US stocks slip as investors assess hurricane damage

September 8, 2017

By IFCMarkets

Energy stocks lead US equities higher

US stocks retreated on Thursday led by telecommunications stocks, financials and consumer discretionary sectors. The dollar fell on the back of sharp euro rise as the European Central Bank left policy unchanged: the live dollar index data show the ICE US Dollar index, a measure of the dollar’s strength against a basket of six rival currencies, fell 0.8% to 91.523. Dow Jones industrial average lost 0.1% closing at 21784.78 with shares of Walt Disney and Goldman Sachs the biggest decliners.

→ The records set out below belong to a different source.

/// Notes a change of an entity's value in an index and in an inverse, if there are any.
fn note_both<S: Store, P: Pages>(
    alloc: Global,
    index: Option<Place>,
    inverse: Option<Place>,
    pages: &mut P,
    kind: Kind,
    entity: EntityId,
    old: &Value,
    new: &Value,
) -> Result<(), PageFault>
    requires index { All (IsTurned kind) (one_place index) }
    requires inverse { All (IsTurned kind) (one_place inverse) }
    requires apart { AreApart (one_place index) (one_place inverse) }
    requires old { IsOrNull kind old.now }
    requires new { IsOrNull kind new.now }
    requires entity { IsEntity entity }
    ensures follows { P.follows pages.old pages.new }
    ensures met { HandsOn (P.met pages.old) (P.met pages.new) result }
    ensures asked { ForEach (P.attempt pages.old) (P.attempt pages.new) (λ array. AllHold S.holds S.reach (two_places index inverse) array →
        P.asked pages.old pages.new (reach_any S.holds S.reach (two_places index inverse) array)
        (λ page. reach_any S.holds S.reach (two_places index inverse) array page || drew_between (P.attempt pages.old) (P.attempt pages.new) page)
        (17 * length (two_places index inverse) * rows_for new.now)) }
    ensures kinds { HasPutStores (P.attempt pages.old) → P.asked pages.old pages.new any_page (may_put (P.attempt pages.new)) (17 * length (two_places index inverse) * rows_for new.now) }
    ensures few { ForBoth (P.attempt pages.old) (P.attempt pages.new) (λ before after. differences before after ≤ 34 * length (two_places index inverse) * (rows_for old.now + rows_for new.now)) }
    ensures numbers { ForBoth (P.attempt pages.old) (P.attempt pages.new) (λ before after. AllHold S.holds S.reach (two_places index inverse) before → KeepNumbers (P.attempt pages.old) (P.attempt pages.new) before after) }
    ensures moved { OnOk result (ForBoth (P.attempt pages.old) (P.attempt pages.new) (λ before after. AllHold S.holds S.reach (two_places index inverse) before →
        Moved S.holds S.reach (two_places index inverse) (noted kind entity old.now new.now) (P.attempt pages.old) (P.attempt pages.new) before after)) }
    ensures bad { IfErr result (OfDamage (λ page at. ForEach (P.attempt pages.old) (P.attempt pages.new) (λ array. AllHold S.holds S.reach (two_places index inverse) array → ⊥))) }
{
    match note_at::<S, P>(alloc, index, pages, kind, entity, old, new) {
        Ok(()) => note_at::<S, P>(alloc, inverse, pages, kind, entity, old, new),
        Err(fault) => Err(fault),
    }
}

/// Notes that the value of an attribute of an entity changes: its index and its inverse, where it has them, lose the old value
/// with the entity, and gain the new one. Null has no row there.
///
/// # Errors
/// `BadPage` where a page of them is bad; otherwise what a call of `Pages` answered. The attempt can then only be given up.
pub fn note<S: Store, P: Pages>(
    alloc: Global,
    schema: &Schema,
    places: &Places,
    pages: &mut P,
    attribute: u16,
    entity: EntityId,
    old: &Value,
    new: &Value,
) -> Result<(), PageFault>
    requires of { AreOf schema.now places.now }
    requires fair { All IsPlace places.now }
    requires there { IfSome (numbered schema.now attribute) (λ a. IsOrNull a.kind old.now × IsOrNull a.kind new.now) }
    requires entity { IsEntity entity }
    ensures follows { P.follows pages.old pages.new }
    ensures met { HandsOn (P.met pages.old) (P.met pages.new) result }
    ensures asked { ForEach (P.attempt pages.old) (P.attempt pages.new) (λ array. AllHold S.holds S.reach (turned_places attribute places.now) array →
        P.asked pages.old pages.new (reach_any S.holds S.reach (turned_places attribute places.now) array)
        (λ page. reach_any S.holds S.reach (turned_places attribute places.now) array page || drew_between (P.attempt pages.old) (P.attempt pages.new) page)
        (17 * length (turned_places attribute places.now) * rows_for new.now)) }
    ensures kinds { HasPutStores (P.attempt pages.old) → P.asked pages.old pages.new any_page (may_put (P.attempt pages.new)) (17 * length (turned_places attribute places.now) * rows_for new.now) }
    ensures few { ForBoth (P.attempt pages.old) (P.attempt pages.new) (λ before after. differences before after ≤ 34 * length (turned_places attribute places.now) * (rows_for old.now + rows_for new.now)) }
    ensures numbers { ForBoth (P.attempt pages.old) (P.attempt pages.new) (λ before after. AllHold S.holds S.reach (turned_places attribute places.now) before → KeepNumbers (P.attempt pages.old) (P.attempt pages.new) before after) }
    ensures same { same_value old.now new.now ≡ true → P.asked pages.old pages.new no_page no_page 0 }
    ensures noted { OnOk result (IfSome (numbered schema.now attribute) (λ a. same_value old.now new.now ≡ false → ForBoth (P.attempt pages.old) (P.attempt pages.new) (λ before after.
        AllHold S.holds S.reach (turned_places attribute places.now) before →
        IsNoted S.holds S.reach places.now attribute a.kind entity old.now new.now (P.attempt pages.old) (P.attempt pages.new) before after))) }
    ensures bad { IfErr result (OfDamage (λ page at. ForEach (P.attempt pages.old) (P.attempt pages.new) (λ array. AllHold S.holds S.reach (turned_places attribute places.now) array → ⊥))) }
{
    let Some(found) = schema.attribute(attribute) else {
        return Ok(());
    };
    if is_same(old, new) {
        return Ok(());
    }
    let index = places.find(store(StoreKind::Index, attribute));
    let inverse = places.find(store(StoreKind::Inverse, attribute));
    note_both::<S, P>(alloc, index, inverse, pages, found.kind, entity, old, new)
}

The S&P 500 slipped 0.1% settling at 2465.10. The Nasdaq index managed to gain 0.1% closing at 6397.37.

The confirmation of his support for another rate hike this year by New York Fed President William Dudley did little to support the dollar and Treasury yields. Dudley mentioned easier financial conditions and higher expected inflation as recent weakness in the dollar should lead to firmer prices on imported goods among the reasons for need to continue rate hikes. He also supported the decision to start shrinking Federal Reserve’s $4.5 trillion balance sheet. Cleveland Fed President Loretta Mester, a non voting member of Fed’s policy committee, said she backs a gradual increase of interest rates too.

DJI

 

Growth upgrade supports European indices

European stock indices advanced on Thursday on stronger euro-zone growth report. Euro-zone economy expanded 2.6% in the second quarter, up from the 2.5% rate of growth Eurostat estimated earlier. Both euro and < em> British Pound extended gains against the dollar. The Stoxx Europe 600 closed 0.3% higher. Germany’s DAX 30 outperformed gaining 0.7% to 12296.63. France’s CAC 40 added 0.3% and UK’s FTSE 100 rose 0.3% to 7396.98. Indices opened 0.3% – 0.4% lower today.

Asian markets mixed

Asian stock indices are mostly lower today with investors refraining from big bets ahead of North Korea holiday on Saturday. Many traders expect Pyongyang may launch another missile on Founder’s Day anniversary. Nikkei fell 0.6% to 19274.82 as yen hit 10-month high against the dollar. Markets shrugged off the report Japan’s Q2 GDP was downgrade to an annualized rate of 2.5% from an initial estimate of 4.0%. Chinese stocks are mixed: the Shanghai Composite Index is little changed while Hong Kong’s Hang Seng Index is 0.4% higher. Australia’s All Ordinaries Index is 0.3% lower as the Australian dollar continues the rally against the greenback.

Oil rising

Oil futures prices are inching higher as Hurricane Irma is heading for Florida. Market participants are concerned the damage from Hurricane Harvey was bigger than expected. Prices rose yesterday despite a US official report domestic crude inventories climbed 4.6 million barrels last week. Brent for November settlement rose 0.5% to end the session at $54.49 a barrel on the London-based ICE Futures exchange on Thursday.